--- Given information ---

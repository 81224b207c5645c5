// From the least to the most that each field of a message may hold.
ghost use Rattle.std.specs.Prelude.{◌≡◌};
ghost use Rattle.message.specs.Ranges.{inside, confirmed, has_number, names_call, number_range, identity_range, address_range, error_range};

use crate::codes::{Kind, Operation};
use crate::record::Message;

// A span of numbers, both ends in it. Not `RangeInclusive`, which is an iterator too: it has a state of its own, and is not `Copy`.
#[derive(Clone, Copy)]
pub struct Span {
    least: u16,
    most: u16,
}

impl Span {
    pub(crate) fn contains(self, value: u16) -> bool
        ensures { result ≡ inside self value }
    {
        (self.least..=self.most).contains(&value)
    }
}

pub(crate) const LEG: Span = Span { least: 0, most: 31 };

// A field that does not apply is 0.
const ABSENT: Span = Span { least: 0, most: 0 };

// Any number of two bytes but 0.
const POSITIVE: Span = Span {
    least: 1,
    most: u16::MAX,
};

impl Operation {
    // Whether the operation is answered, by a result, an error or a reject.
    pub fn is_confirmed(self) -> bool
        ensures { result ≡ confirmed self }
    {
        matches!(
            self,
            Operation::CallTransferIdentify
                | Operation::CallTransferInitiate
                | Operation::CallTransferSetup
                | Operation::RemoteHold
                | Operation::RemoteRetrieve
        )
    }
}

impl Message {
    // Whether a request number stands in the message.
    pub fn has_number(&self) -> bool
        ensures { result ≡ has_number self.now.operation }
    {
        self.operation.is_some_and(Operation::is_confirmed)
    }

    // Whether the message names a call, by its identity and the address at which it is met.
    pub fn names_call(&self) -> bool
        ensures { result ≡ names_call self.now.kind self.now.operation }
    {
        match self.operation {
            Some(Operation::CallTransferIdentify) => self.kind == Kind::Result,
            Some(Operation::CallTransferInitiate | Operation::CallTransferSetup) => {
                self.kind == Kind::Invoke
            }
            _ => false,
        }
    }

    pub(crate) fn number_range(&self) -> Span
        ensures { result ≡ number_range self.now.operation }
    {
        if self.has_number() { POSITIVE } else { ABSENT }
    }

    // A transfer without a secondary call has identity 0.
    pub(crate) fn identity_range(&self) -> Span
        ensures { result ≡ identity_range self.now.kind self.now.operation }
    {
        match (self.kind, self.operation) {
            (Kind::Result, Some(Operation::CallTransferIdentify)) => Span {
                least: 1,
                most: 9999,
            },
            (Kind::Invoke, Some(Operation::CallTransferInitiate | Operation::CallTransferSetup)) =>
                Span {
                    least: 0,
                    most: 9999,
                },
            _ => ABSENT,
        }
    }

    pub(crate) fn address_range(&self) -> Span
        ensures { result ≡ address_range self.now.kind self.now.operation }
    {
        if self.names_call() { POSITIVE } else { ABSENT }
    }

    pub(crate) fn error_range(&self) -> Span
        ensures { result ≡ error_range self.now.kind }
    {
        match self.kind {
            Kind::Error => Span { least: 1, most: 5 },
            _ => ABSENT,
        }
    }
}
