// Theorems on the format, each the contract of a function that does nothing.
ghost use Rattle.message.specs.Laws.{ReadsBack, AcceptedIsLawful, AcceptedIsRow, OneRow, FaultIsWrong, FaultIsFirst};
ghost use Rattle.message.specs.Examples.{TransferInvokeRow, IdentifyResultRow};

// What is written reads back, and each message has one accepted row.
pub fn format_stands()
    ensures reads_back { ReadsBack }
    ensures lawful { AcceptedIsLawful }
    ensures row { AcceptedIsRow }
    ensures one { OneRow }
{}

// A fault names the first wrong byte.
pub fn faults_stand()
    ensures wrong { FaultIsWrong }
    ensures first { FaultIsFirst }
{}

// Two rows worked by hand.
pub fn examples_stand()
    ensures transfer { TransferInvokeRow }
    ensures identify { IdentifyResultRow }
{}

---

▶ **Task to complete**
Lines of the listing above that contain the word "Copy" must all be copied.

▶ **Solved problem**
// A span of numbers, both ends in it. Not `RangeInclusive`, which is an iterator too: it has a state of its own, and is not `Copy`.
#[derive(Clone, Copy)]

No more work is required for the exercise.